→ **Problem details**
Which lines of the entries hold the string "Model"? Copy each one.

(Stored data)
"""
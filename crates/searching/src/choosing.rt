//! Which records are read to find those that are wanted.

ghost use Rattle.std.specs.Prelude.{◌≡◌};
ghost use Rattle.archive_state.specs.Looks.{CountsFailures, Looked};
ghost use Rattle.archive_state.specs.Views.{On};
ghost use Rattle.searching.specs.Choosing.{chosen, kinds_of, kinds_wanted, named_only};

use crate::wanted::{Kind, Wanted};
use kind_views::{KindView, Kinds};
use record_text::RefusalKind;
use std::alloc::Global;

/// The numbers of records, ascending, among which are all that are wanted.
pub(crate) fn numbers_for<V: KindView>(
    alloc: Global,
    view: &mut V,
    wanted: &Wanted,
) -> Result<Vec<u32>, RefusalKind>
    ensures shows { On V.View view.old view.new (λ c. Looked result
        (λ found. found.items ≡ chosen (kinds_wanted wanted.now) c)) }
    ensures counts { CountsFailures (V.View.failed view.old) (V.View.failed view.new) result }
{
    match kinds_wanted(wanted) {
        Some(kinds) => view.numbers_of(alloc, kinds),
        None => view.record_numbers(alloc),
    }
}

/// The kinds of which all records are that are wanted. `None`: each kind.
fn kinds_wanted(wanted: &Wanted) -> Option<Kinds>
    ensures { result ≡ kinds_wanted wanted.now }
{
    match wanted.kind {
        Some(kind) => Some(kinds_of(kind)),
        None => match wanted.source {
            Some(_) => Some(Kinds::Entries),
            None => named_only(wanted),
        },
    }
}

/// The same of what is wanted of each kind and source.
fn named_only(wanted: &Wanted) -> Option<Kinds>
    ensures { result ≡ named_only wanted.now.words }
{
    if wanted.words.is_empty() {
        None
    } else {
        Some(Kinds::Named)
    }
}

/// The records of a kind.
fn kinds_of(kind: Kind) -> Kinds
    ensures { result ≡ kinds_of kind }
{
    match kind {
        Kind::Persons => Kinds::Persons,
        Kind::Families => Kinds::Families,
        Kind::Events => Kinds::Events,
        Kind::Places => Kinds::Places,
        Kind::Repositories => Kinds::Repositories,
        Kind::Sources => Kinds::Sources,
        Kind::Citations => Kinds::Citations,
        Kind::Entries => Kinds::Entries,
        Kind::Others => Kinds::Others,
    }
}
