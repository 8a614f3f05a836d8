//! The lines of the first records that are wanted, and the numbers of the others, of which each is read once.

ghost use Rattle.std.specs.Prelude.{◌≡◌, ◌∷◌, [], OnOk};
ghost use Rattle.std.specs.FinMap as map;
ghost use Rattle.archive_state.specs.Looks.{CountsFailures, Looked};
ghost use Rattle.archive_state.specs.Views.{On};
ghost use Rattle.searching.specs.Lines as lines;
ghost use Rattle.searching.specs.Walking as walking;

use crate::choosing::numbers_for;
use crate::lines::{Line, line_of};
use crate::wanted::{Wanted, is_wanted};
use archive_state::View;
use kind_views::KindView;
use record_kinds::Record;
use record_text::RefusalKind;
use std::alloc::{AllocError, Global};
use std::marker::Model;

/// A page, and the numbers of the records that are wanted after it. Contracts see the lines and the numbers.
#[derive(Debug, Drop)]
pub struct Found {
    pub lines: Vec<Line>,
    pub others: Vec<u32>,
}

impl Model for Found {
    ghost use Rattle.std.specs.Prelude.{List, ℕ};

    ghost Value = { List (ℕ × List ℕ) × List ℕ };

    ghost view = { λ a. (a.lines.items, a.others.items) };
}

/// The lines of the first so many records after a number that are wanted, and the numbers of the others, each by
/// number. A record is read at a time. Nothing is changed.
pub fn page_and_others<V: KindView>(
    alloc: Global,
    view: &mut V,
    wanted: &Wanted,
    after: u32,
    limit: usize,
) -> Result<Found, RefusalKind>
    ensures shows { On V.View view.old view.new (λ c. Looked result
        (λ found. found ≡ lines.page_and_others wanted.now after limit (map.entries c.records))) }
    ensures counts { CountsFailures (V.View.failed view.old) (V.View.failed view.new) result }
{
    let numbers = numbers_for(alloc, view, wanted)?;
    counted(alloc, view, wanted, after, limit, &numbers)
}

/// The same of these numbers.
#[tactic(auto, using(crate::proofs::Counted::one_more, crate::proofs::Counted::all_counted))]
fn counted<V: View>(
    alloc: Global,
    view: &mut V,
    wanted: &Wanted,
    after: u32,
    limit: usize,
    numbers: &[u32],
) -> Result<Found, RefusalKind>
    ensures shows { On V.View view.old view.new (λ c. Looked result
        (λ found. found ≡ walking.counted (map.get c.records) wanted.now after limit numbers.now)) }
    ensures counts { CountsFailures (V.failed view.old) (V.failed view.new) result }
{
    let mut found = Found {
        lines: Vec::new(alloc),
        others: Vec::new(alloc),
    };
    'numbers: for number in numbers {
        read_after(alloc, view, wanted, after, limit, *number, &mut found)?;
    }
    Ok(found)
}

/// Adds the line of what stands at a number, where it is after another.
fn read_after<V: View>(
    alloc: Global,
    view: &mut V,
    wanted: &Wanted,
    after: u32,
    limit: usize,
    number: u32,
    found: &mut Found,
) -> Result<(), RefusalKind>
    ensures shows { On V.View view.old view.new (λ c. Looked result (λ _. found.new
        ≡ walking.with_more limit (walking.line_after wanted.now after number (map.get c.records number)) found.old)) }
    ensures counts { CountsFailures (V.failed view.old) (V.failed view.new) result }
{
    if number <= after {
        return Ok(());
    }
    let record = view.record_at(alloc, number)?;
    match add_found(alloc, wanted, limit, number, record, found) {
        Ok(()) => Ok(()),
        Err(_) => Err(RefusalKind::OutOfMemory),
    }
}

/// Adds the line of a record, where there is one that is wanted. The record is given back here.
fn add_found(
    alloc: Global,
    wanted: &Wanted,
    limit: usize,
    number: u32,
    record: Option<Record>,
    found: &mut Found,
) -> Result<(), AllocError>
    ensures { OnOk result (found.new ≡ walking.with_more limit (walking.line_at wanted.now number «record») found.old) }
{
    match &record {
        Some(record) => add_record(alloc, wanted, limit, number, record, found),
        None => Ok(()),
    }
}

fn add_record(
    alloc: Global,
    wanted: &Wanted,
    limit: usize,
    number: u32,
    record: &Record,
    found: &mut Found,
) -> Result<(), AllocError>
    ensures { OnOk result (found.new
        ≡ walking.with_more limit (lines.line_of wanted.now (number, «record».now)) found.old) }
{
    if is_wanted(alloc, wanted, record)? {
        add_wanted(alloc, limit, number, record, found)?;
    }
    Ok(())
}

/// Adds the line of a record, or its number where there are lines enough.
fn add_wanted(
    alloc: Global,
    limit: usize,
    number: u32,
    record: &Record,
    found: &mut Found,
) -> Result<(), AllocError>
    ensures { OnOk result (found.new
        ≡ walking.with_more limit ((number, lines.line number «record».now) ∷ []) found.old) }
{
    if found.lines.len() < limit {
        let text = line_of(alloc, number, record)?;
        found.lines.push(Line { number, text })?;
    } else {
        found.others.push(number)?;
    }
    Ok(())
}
"""
→ **Exercise output**
use std::marker::Model;
impl Model for Found {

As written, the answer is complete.